In contrast, the goal of the ecological worldview is the continued well-being and healthy functioning of the whole. An ecological worldview sees humans as part of a larger community of life; part of nature with a contributive role to play in the health and evolution of the living systems. This ecological framework reminded our team of Eastern philosophies such as Daoism and their ancient knowledge which emphasized the importance to follow nature’s patterns. These belief sets forced us to ask the question: how do we change our current world order into an ecological worldview? A new framework for humanity that aligns with the way nature works and the values that drive it is therefore needed. To create this alternative story and to move towards a more ecological worldview throughout all human systems, we need a shift in values.

In relation to the opioid crisis in Pittsburgh, the mechanistic view starts from the way doctors are pressured from pharma companies to prescribe opioids as a one size fits all solution and the hard governmental response to drug trafficking. The opioid epidemic from the stance of different stakeholders is constantly reinforcing a worldview where humans are trapped in work routines and consumeristic goals that have neglected health, positioned a person’s well-being as an indulgence rather than a right. The holistic view is considering the interdependence of addiction and how it affects pharmaceutical companies, local businesses, family and friends, and policymakers at all government levels. When considering the issue from an ecological view, we begin to ask deeper questions, such as: where does the raw material use to make opioids come from? how is it made? who makes it? and, how does it affect our environment when used?. For example, research has already shown that opioids, use and unused, make their way into our water systems and end up affecting the wildlife that resides in these waters. As we shift away from anthropocentric (human-centered) values and towards more ecocentric (earth-centered) values, we shift away from selfishness and towards selflessness.
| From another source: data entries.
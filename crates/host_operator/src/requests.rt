//! The operator's requests, over HTTP/1.1.
ghost use Rattle.std.specs.Prelude.{◌≡◌, ◌↔◌, codes, IsTrue, Some, option_map};
ghost use Rattle.http_header.specs.HeaderMap.{get};
ghost use Rattle.host_operator.specs.Tokens.{bearer};
ghost use Rattle.futures.specs.Task.{IsArmed, Keeps};
ghost use Rattle.futures.specs.Poll.{OnPending};

use crate::answer::{OperatorAnswer, TextKind};
use crate::calls::OperatorRefusal;
use bytes::Bytes;
use etcd_types::Mem;
use etcd_types::limits::MAX_CONFIG;
use event_loop::{BodyTimer, Stall};
use futures::channel::oneshot;
use futures::task::{Context, Poll};
use futures::{Future, ready};
use http::request::Parts;
use http_body_util::{Full, Limited, LimitedError};
use hyper::body::{Body, Frame, Incoming};
use hyper::header::{self, HeaderMap, HeaderValue};
use hyper::service::Service;
use hyper::{Request, Response, StatusCode};
use std::alloc::{AllocError, Global};
use std::mem;
use std::rt::Clock;
use std::sync::Arc;
use tokio::sync::mpsc::error::SendError;
use tokio::sync::mpsc::{UnboundedReceiver, UnboundedSender, unbounded_channel};

/// How many pieces of a body are read in one poll.
const PIECES_A_POLL: usize = 128;

/// What a call of the operator comes to.
pub(crate) type OperatorOutcome = Result<OperatorAnswer, OperatorRefusal>;

/// A request that was read, and where its outcome goes.
pub(crate) struct OperatorRequest {
    pub(crate) method: String,
    pub(crate) path: String,
    pub(crate) body: Vec<u8>,
    reply: oneshot::Sender<OperatorOutcome>,
}

impl Drop for OperatorRequest {
    fn drop(self) {
        let OperatorRequest {
            method: _,
            path: _,
            body: _,
            reply: _,
        } = self;
    }
}

impl OperatorRequest {
    /// Tells its outcome. Whether somebody still waits for it is all one.
    pub(crate) fn reply(self, outcome: OperatorOutcome) {
        let OperatorRequest {
            method: _,
            path: _,
            body: _,
            reply,
        } = self;
        drop(reply.send(outcome));
    }
}

/// Where the operator's requests go in, and what each has to bring.
pub(crate) struct OperatorEntrance {
    requests: UnboundedSender<OperatorRequest>,
    token: Option<Vec<u8>>,
}

impl Drop for OperatorEntrance {
    fn drop(self) {
        let OperatorEntrance {
            requests: _,
            token: _,
        } = self;
    }
}

impl OperatorEntrance {
    /// One for requests that bring a token, and where they come out.
    pub(crate) fn open(
        alloc: Global,
        token: Option<Vec<u8>>,
    ) -> Mem<(OperatorEntrance, UnboundedReceiver<OperatorRequest>)> {
        let (requests, receiver) = unbounded_channel(alloc)?;
        Ok((OperatorEntrance { requests, token }, receiver))
    }

    /// The same for another connection; none where there is no memory.
    pub(crate) fn share(entrance: &Arc<OperatorEntrance>) -> Option<Arc<OperatorEntrance>> {
        Arc::try_clone(entrance).ok()
    }
}

impl OperatorEntrance {
    /// Whether a request of this head is let in.
    fn is_open_to(&self, headers: &HeaderMap) -> bool {
        match &self.token {
            Some(token) => brings(headers, token.as_slice()),
            None => true,
        }
    }

    /// Hands a request in: where its outcome comes out.
    fn hand_in(
        &self,
        alloc: Global,
        method: String,
        path: String,
        body: Vec<u8>,
    ) -> Result<oneshot::Receiver<OperatorOutcome>, OperatorRefusal> {
        let (reply, outcome) = oneshot::channel(alloc)?;
        let request = OperatorRequest {
            method,
            path,
            body,
            reply,
        };
        self.send(request)?;
        Ok(outcome)
    }

    fn send(&self, request: OperatorRequest) -> Result<(), OperatorRefusal> {
        match self.requests.send(request) {
            Ok(()) => Ok(()),
            Err(SendError::Closed(_)) => Err(OperatorRefusal::Stopping),
            Err(SendError::OutOfMemory(_)) => Err(OperatorRefusal::MEMORY),
        }
    }
}

/// Serves the requests of an operator's connection.
pub(crate) struct OperatorGateway<R: Drop> {
    pub(crate) rt: R,
    pub(crate) alloc: Global,
    /// None where there was no memory to share it.
    pub(crate) entrance: Option<Arc<OperatorEntrance>>,
    /// The same of what bodies are timed by.
    pub(crate) bodies: Option<BodyTimer>,
}

impl<R: Drop> Drop for OperatorGateway<R> {
    fn drop(self) {
        let OperatorGateway {
            rt: _,
            alloc: _,
            entrance: _,
            bodies: _,
        } = self;
    }
}

/// A request of the operator.
pub(crate) struct OperatorExchange<I, R: Drop> {
    rt: R,
    alloc: Global,
    entrance: Option<Arc<OperatorEntrance>>,
    parts: Parts,
    body: Limited<Incoming<I>>,
    stall: Stall<R>,
    read: Vec<u8>,
    /// The body is read on and thrown away.
    lost: Option<OperatorRefusal>,
    /// None while the body is read.
    outcome: Option<oneshot::Receiver<OperatorOutcome>>,
}

impl<I: Drop, R: Drop> Drop for OperatorExchange<I, R> {
    fn drop(self) {
        let OperatorExchange {
            rt: _,
            alloc: _,
            entrance: _,
            parts: _,
            body: _,
            stall: _,
            read: _,
            lost: _,
            outcome: _,
        } = self;
    }
}

impl<I: Drop, R: Clock + Eprint + Copy + Drop> Service<Request<Incoming<I>>>
    for OperatorGateway<R> {
    type Response = Response<Full<Bytes>>;

    type Error = hyper::Error;

    type Future = OperatorExchange<I, R>;

    fn call(&self, req: Request<Incoming<I>>) -> OperatorExchange<I, R> {
        let entrance = match &self.entrance {
            Some(entrance) => Arc::try_clone(entrance).ok(),
            None => None,
        };
        let bodies = match &self.bodies {
            Some(bodies) => bodies.share(),
            None => None,
        };
        let (parts, body) = req.into_parts();
        OperatorExchange {
            rt: self.rt,
            alloc: self.alloc,
            entrance,
            parts,
            body: Limited::new(body, MAX_CONFIG),
            stall: Stall::new(self.rt, bodies),
            read: Vec::new(self.alloc),
            lost: None,
            outcome: None,
        }
    }
}

impl<I: Drop, R: Clock + Eprint + Copy + Drop> Future for OperatorExchange<I, R> {
    type Output = Result<Response<Full<Bytes>>, hyper::Error>;

    fn poll(&mut self, cx: &mut Context<'_>) -> Poll<Result<Response<Full<Bytes>>, hyper::Error>> {
        if self.outcome.is_none() {
            // Who has no token is not waited for.
            if let Err(refusal) = self.admitted() {
                return Poll::Ready(self.respond(Err(refusal)));
            }
            ready!(self.poll_whole(cx));
            if let Err(refusal) = self.ask() {
                return Poll::Ready(self.respond(Err(refusal)));
            }
        }
        let outcome = ready!(self.poll_outcome(cx));
        Poll::Ready(self.respond(outcome))
    }
}

impl<I: Drop, R: Clock + Eprint + Copy + Drop> OperatorExchange<I, R> {
    /// Ready once the body is read, or can't be read on, or its next piece took too long: then it is lost.
    fn poll_whole(&mut self, cx: &mut Context<'_>) -> Poll<()>
        ensures registered { OnPending result (IsArmed cx.new) }
        ensures kept { Keeps cx.old cx.new }
    {
        for _ in 0..PIECES_A_POLL {
            let Poll::Ready(piece) = self.body.poll_frame(cx) else {
                ready!(self.stall.poll_over(cx));
                self.lost = Some(OperatorRefusal::Unreadable);
                return Poll::Ready(());
            };
            self.stall.relent();
            if self.take(piece) {
                return Poll::Ready(());
            }
        }
        cx.yield_now()
    }

    /// Takes a piece of the body. Whether no other one comes.
    fn take(&mut self, piece: Option<Result<Frame<Bytes>, LimitedError<hyper::Error>>>) -> bool {
        match piece {
            Some(Ok(frame)) => {
                self.keep(frame);
                false
            }
            Some(Err(_)) => {
                self.lost = Some(OperatorRefusal::Unreadable);
                true
            }
            None => true,
        }
    }

    /// Keeps what a frame has of the body.
    fn keep(&mut self, frame: Frame<Bytes>) {
        if let Ok(data) = frame.into_data()
            && self.read.extend_from_slice(data.as_slice()).is_err()
        {
            self.lost = Some(OperatorRefusal::MEMORY);
        }
    }

    /// Hands the request in that was read.
    fn ask(&mut self) -> Result<(), OperatorRefusal> {
        let body = mem::replace(&mut self.read, Vec::new(self.alloc));
        let entrance = self.admitted()?;
        let (method, path) = self.asked()?;
        let outcome = entrance.hand_in(self.alloc, method, path, body)?;
        self.outcome = Some(outcome);
        Ok(())
    }

    /// Ready once the request that was handed in is done.
    fn poll_outcome(&mut self, cx: &mut Context<'_>) -> Poll<OperatorOutcome>
        ensures registered { OnPending result (IsArmed cx.new) }
        ensures kept { Keeps cx.old cx.new }
    {
        let Some(outcome) = &mut self.outcome else {
            return Poll::Ready(Err(OperatorRefusal::MEMORY));
        };
        match ready!(outcome.poll(cx)) {
            Ok(outcome) => Poll::Ready(outcome),
            Err(_) => Poll::Ready(Err(OperatorRefusal::Stopping)),
        }
    }

    /// Where the request goes in, if it is let in.
    fn admitted(&self) -> Result<&OperatorEntrance, OperatorRefusal> {
        let Some(entrance) = &self.entrance else {
            return Err(OperatorRefusal::MEMORY);
        };
        if !entrance.is_open_to(&self.parts.headers) {
            return Err(OperatorRefusal::Token);
        }
        match self.lost {
            Some(refusal) => Err(refusal),
            None => Ok(entrance),
        }
    }

    /// Its method and its path.
    fn asked(&self) -> Mem<(String, String)> {
        let method = String::from_str(self.alloc, self.parts.method.as_str())?;
        let path = String::from_str(self.alloc, self.parts.uri.path())?;
        Ok((method, path))
    }

    /// The response, which is told on standard error in a line.
    fn respond(&self, outcome: OperatorOutcome) -> Result<Response<Full<Bytes>>, hyper::Error> {
        let Reply { status, text, kind } = reply_of(outcome)?;
        self.tell(status);
        response(self.alloc, status, text, kind)
    }

    /// Tells the call in a line. An operator is answered, whether that can be told or not.
    fn tell(&self, status: u16) {
        let method = self.parts.method.as_str();
        let path = self.parts.uri.path();
        let _ = eprintln!(self.rt; "operator: {method} {path} {status}");
    }
}

/// What is sent for an outcome.
struct Reply {
    status: u16,
    text: Bytes,
    kind: TextKind,
}

fn reply_of(outcome: OperatorOutcome) -> Mem<Reply> {
    match outcome {
        Ok(OperatorAnswer { status, text, kind }) => Ok(Reply {
            status,
            text: text_of(text)?,
            kind,
        }),
        Err(refusal) => Ok(Reply {
            status: refusal.status(),
            text: Bytes::from_static(refusal.text()),
            kind: TextKind::Json,
        }),
    }
}

fn response(
    alloc: Global,
    status: u16,
    text: Bytes,
    kind: TextKind,
) -> Result<Response<Full<Bytes>>, hyper::Error> {
    let mut response = Response::new(alloc, Full::new(text));
    if let Ok(status) = StatusCode::from_u16(status) {
        *response.status_mut() = status;
    }
    tell_kind(response.headers_mut(), kind)?;
    Ok(response)
}

/// Tells in the head what kind of text a response has.
fn tell_kind(headers: &mut HeaderMap, kind: TextKind) -> Mem<()> {
    let kind = match kind {
        TextKind::Json => HeaderValue::from_static("application/json"),
        TextKind::Prometheus => HeaderValue::from_static("text/plain; version=0.0.4"),
    };
    match headers.insert(header::CONTENT_TYPE, kind) {
        Ok(_) => Ok(()),
        Err(_) => Err(AllocError),
    }
}

fn text_of(text: Option<Vec<u8>>) -> Mem<Bytes> {
    match text {
        Some(text) => match Bytes::from_vec(text) {
            Ok(text) => Ok(text),
            Err(_) => Err(AllocError),
        },
        None => Ok(Bytes::from_static(b"")),
    }
}

/// The head has `authorization: Bearer` and the token.
fn brings(headers: &HeaderMap, token: &[u8]) -> bool
    ensures { IsTrue result ↔ (option_map (λ v. v.bytes) (get headers.now (codes "authorization"))
        ≡ Some (bearer token.now)) }
{
    match headers.get(header::AUTHORIZATION) {
        Some(value) => is_bearer(value.as_bytes(), token),
        None => false,
    }
}

/// What was brought is `Bearer` and the token.
fn is_bearer(brought: &[u8], token: &[u8]) -> bool
    ensures { IsTrue result ↔ (brought.now ≡ bearer token.now) }
{
    match brought.strip_prefix(b"Bearer ".as_slice()) {
        Some(brought) => is_same(brought, token),
        None => false,
    }
}

/// The two texts are one. How long that takes tells their lengths and nothing else.
fn is_same(brought: &[u8], token: &[u8]) -> bool
    ensures { IsTrue result ↔ (brought.now ≡ token.now) }
{
    if brought.len() != token.len() {
        return false;
    }
    let mut same = true;
    for (place, one) in brought.iter().enumerate() {
        same &= *one == token[place];
    }
    same
}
Keeping the values of an ecological worldview in mind as we tackle the opioid problematic would include: understanding the wholeness and interconnections of the system, working with many relationships and stakeholders, and knowing that the world is constantly changing. Actions that might propel the ecological framework are the reflection that takes into consideration all stakeholder interests and the impact of actions on all system levels, collaborative processes which necessitate negotiation and partnership with all interested parties including nature and to focus on the wellbeing, education, and nourishment on a whole world level. This will ultimately lead towards a self-sufficient and ecocentric paradigm.